C’EST QUOI AU JUSTE, L’INFIDÉLITÉ?

Le mot est simple et, pourtant, sa définition varie selon les acteurs en présence. Le terrain de jeu est vaste. Est-ce que ça se traduit par un baiser? Un regard? L’intention de passer à l’acte? Quand au juste devient-on infidèle?

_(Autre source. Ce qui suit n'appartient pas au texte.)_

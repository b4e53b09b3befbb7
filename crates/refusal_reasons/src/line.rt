// Why a line of a list of events or of a plan is none of its format. docs/event-files.md has the formats.

ghost use Rattle.std.specs.Prelude.{◌<◌, IfSome, length};

use crate::events::{EventForm, Lines, form_of, is_of_the_run};
use crate::line_words::LineReason;
use crate::numbers::{
    Counted, digits_reason, field_reason, has_leading_zero, is_of_digits, number_reason,
};
use ids::read_number;

/// Which file has the line.
#[derive(Clone, Copy, Debug, PartialEq, Eq)]
pub enum ListKind {
    /// A list of events, of either format.
    Events,
    /// A list of events of format 1, since it is migrated.
    FirstFormat,
    /// A plan for a run on threads.
    Plan,
}

/// A line that is refused, with no line feed, and why it is, where that is sure.
#[derive(Clone, Copy, Debug)]
pub struct Refused<'a> {
    /// The line's bytes.
    pub line: &'a [u8],
    /// Why it is none of its format, where that is sure.
    pub reason: Option<LineReason<'a>>,
}

/// A line, and whether a line feed stands behind it.
#[derive(Clone, Copy)]
struct Piece<'a> {
    line: &'a [u8],
    is_ended: bool,
}

/// The line of that number, counted from 1.
fn piece_at(text: &[u8], number: u64) -> Option<Piece<'_>> {
    let mut start = 0;
    let mut at = 1;
    for i in 0..text.len() {
        if text[i] == b'\n' {
            if at == number {
                return Some(Piece {
                    line: &text[start..i],
                    is_ended: true,
                });
            }
            at += 1;
            start = i + 1;
        }
    }
    if at != number {
        return None;
    }
    Some(Piece {
        line: &text[start..],
        is_ended: false,
    })
}

/// The first word of a text, and what stands behind the space after it.
fn first_word(text: &[u8]) -> (&[u8], Option<&[u8]>)
    ensures { IfSome result.1 (λ rest. length rest.now < length text.now) }
{
    for i in 0..text.len() {
        if text[i] == b' ' {
            return (&text[..i], Some(&text[i + 1..]));
        }
    }
    (text, None)
}

fn is_at_front(front: &[u8], text: &[u8]) -> bool {
    text.len() >= front.len() && &text[..front.len()] == front
}

fn has(text: &[u8], wanted: u8) -> bool {
    for byte in text {
        if *byte == wanted {
            return true;
        }
    }
    false
}

/// The first byte that is no letter, digit or sign of ASCII, and no space.
fn unprintable(text: &[u8]) -> Option<u8> {
    for byte in text {
        if *byte < 32 || *byte > 126 {
            return Some(*byte);
        }
    }
    None
}

fn is_blank(text: &[u8]) -> bool {
    for byte in text {
        if *byte != b' ' {
            return false;
        }
    }
    true
}

fn has_two_spaces(text: &[u8]) -> bool {
    let mut before = b'x';
    for byte in text {
        if *byte == b' ' && before == b' ' {
            return true;
        }
        before = *byte;
    }
    false
}

/// What is wrong with the spaces of a line, or with a byte of it.
fn spacing(line: &[u8]) -> Option<LineReason<'_>> {
    if has(line, b'\r') {
        return Some(LineReason::CarriageReturn);
    }
    if has(line, b'#') {
        return Some(LineReason::CommentInside);
    }
    if has(line, b'\t') {
        return Some(LineReason::Tab);
    }
    if let Some(byte) = unprintable(line) {
        return Some(LineReason::Unprintable(byte));
    }
    if is_blank(line) {
        return Some(LineReason::Blank);
    }
    match line {
        [b' ', ..] => return Some(LineReason::SpaceInFront),
        [.., b' '] => return Some(LineReason::SpaceAtEnd),
        _ => {}
    }
    if has_two_spaces(line) {
        return Some(LineReason::TwoSpaces);
    }
    None
}

/// Why the words aren't workers.
fn workers_reason(text: &[u8]) -> Option<LineReason<'_>> {
    let (word, rest) = first_word(text);
    if let Some(reason) = number_reason(Counted::Worker, word) {
        return Some(reason);
    }
    match rest {
        Some(more) => workers_reason(more),
        None => None,
    }
}

/// Why a settle line is none.
fn settle_reason(rest: Option<&[u8]>) -> Option<LineReason<'_>> {
    let wrong = Some(LineReason::WrongForm("settle, or settle but W W .."));
    let Some(text) = rest else {
        return None;
    };
    let (word, workers) = first_word(text);
    match workers {
        Some(workers) if word == b"but".as_slice() => workers_reason(workers),
        _ => wrong,
    }
}

/// Why what stands behind the name of an event isn't what its form has there.
fn places_reason(form: EventForm, rest: Option<&[u8]>) -> Option<LineReason<'_>> {
    let wrong = Some(LineReason::WrongForm(form.text));
    let Some(first) = form.first else {
        return match rest {
            Some(_) => wrong,
            None => None,
        };
    };
    let Some(text) = rest else {
        return wrong;
    };
    let (word, rest) = first_word(text);
    if let Some(reason) = field_reason(first, word) {
        return Some(reason);
    }
    let Some(second) = form.second else {
        return match rest {
            Some(_) => wrong,
            None => None,
        };
    };
    match rest {
        Some(word) if !has(word, b' ') => field_reason(second, word),
        _ => wrong,
    }
}

/// Why a text is no event.
fn event_reason(text: &[u8], lines: Lines) -> Option<LineReason<'_>> {
    let (word, rest) = first_word(text);
    if lines == Lines::Planned && is_of_the_run(word) {
        return Some(LineReason::OfTheRun(word));
    }
    if word == b"settle".as_slice() {
        return match lines {
            Lines::First => settle_reason(rest),
            _ => Some(LineReason::SettleInHistory),
        };
    }
    match form_of(word, lines) {
        Some(form) => places_reason(form, rest),
        None => Some(LineReason::Unknown(word, lines.near_name(word), lines)),
    }
}

/// Why a line is none of a list of format 1.
fn first_reason(line: &[u8]) -> Option<LineReason<'_>> {
    if line == b"raysim 2".as_slice() {
        return Some(LineReason::LateFormat);
    }
    let (word, rest) = first_word(line);
    if word == b"raysim".as_slice() {
        return Some(LineReason::OtherFormat);
    }
    if rest.is_some() && is_of_digits(word) {
        return Some(LineReason::NumberInFront(word));
    }
    event_reason(line, Lines::First)
}

/// Why a word is no seat.
fn seat_reason(word: &[u8]) -> Option<LineReason<'_>> {
    if has_leading_zero(word) {
        return Some(LineReason::LeadingZero(word));
    }
    match read_number(word) {
        Some(number) if number < 9 => None,
        _ => Some(LineReason::NoSeat(word)),
    }
}

/// Why a word is no number of commits.
fn commits_reason(word: &[u8]) -> Option<LineReason<'_>> {
    if is_of_digits(word) {
        return digits_reason(Counted::Commits, word);
    }
    Some(LineReason::NoCommits(word))
}

/// Why a line is none of a list of format 2.
fn second_reason(line: &[u8]) -> Option<LineReason<'_>> {
    let (seat, rest) = first_word(line);
    if let Some(reason) = seat_reason(seat) {
        return Some(reason);
    }
    match rest {
        Some(text) => event_reason(text, Lines::Second),
        None => Some(LineReason::NoEvent(seat)),
    }
}

/// Why a line is none of a plan.
fn planned_reason(line: &[u8]) -> Option<LineReason<'_>> {
    let (commits, rest) = first_word(line);
    if let Some(reason) = commits_reason(commits) {
        return Some(reason);
    }
    match rest {
        Some(text) => event_reason(text, Lines::Planned),
        None => Some(LineReason::NoEvent(commits)),
    }
}

/// The line of that number, counted from 1, of a file in which it is refused 40, and why it is.
pub fn refused_line(kind: ListKind, text: &[u8], number: u64) -> Option<Refused<'_>> {
    let Some(piece) = piece_at(text, number) else {
        return None;
    };
    let line = piece.line;
    let is_second = is_at_front(b"raysim 2\n", text);
    let reason = if !piece.is_ended {
        Some(LineReason::NoLineFeed)
    } else if kind == ListKind::FirstFormat && is_second && number == 1 {
        Some(LineReason::SecondFormat)
    } else if let Some(reason) = spacing(line) {
        Some(reason)
    } else {
        match kind {
            ListKind::Plan => planned_reason(line),
            ListKind::Events if is_second => second_reason(line),
            _ => first_reason(line),
        }
    };
    Some(Refused { line, reason })
}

«L’infidélité, c’est la place que tu accordes à une autre personne dans ton cœur et dans ta tête, assure le résolument très droit Phil Roy. Si je pense tout le temps à une autre fille, je me considère infidèle. Mais il n’y a pas que ça. Si ma blonde me trompait, par exemple, celui avec qui elle a commis l’adultère prendrait telle- ment de place dans ma tête que ça mettrait inévitablement fin à notre relation. Je ne pourrais pas passer par-dessus ça.»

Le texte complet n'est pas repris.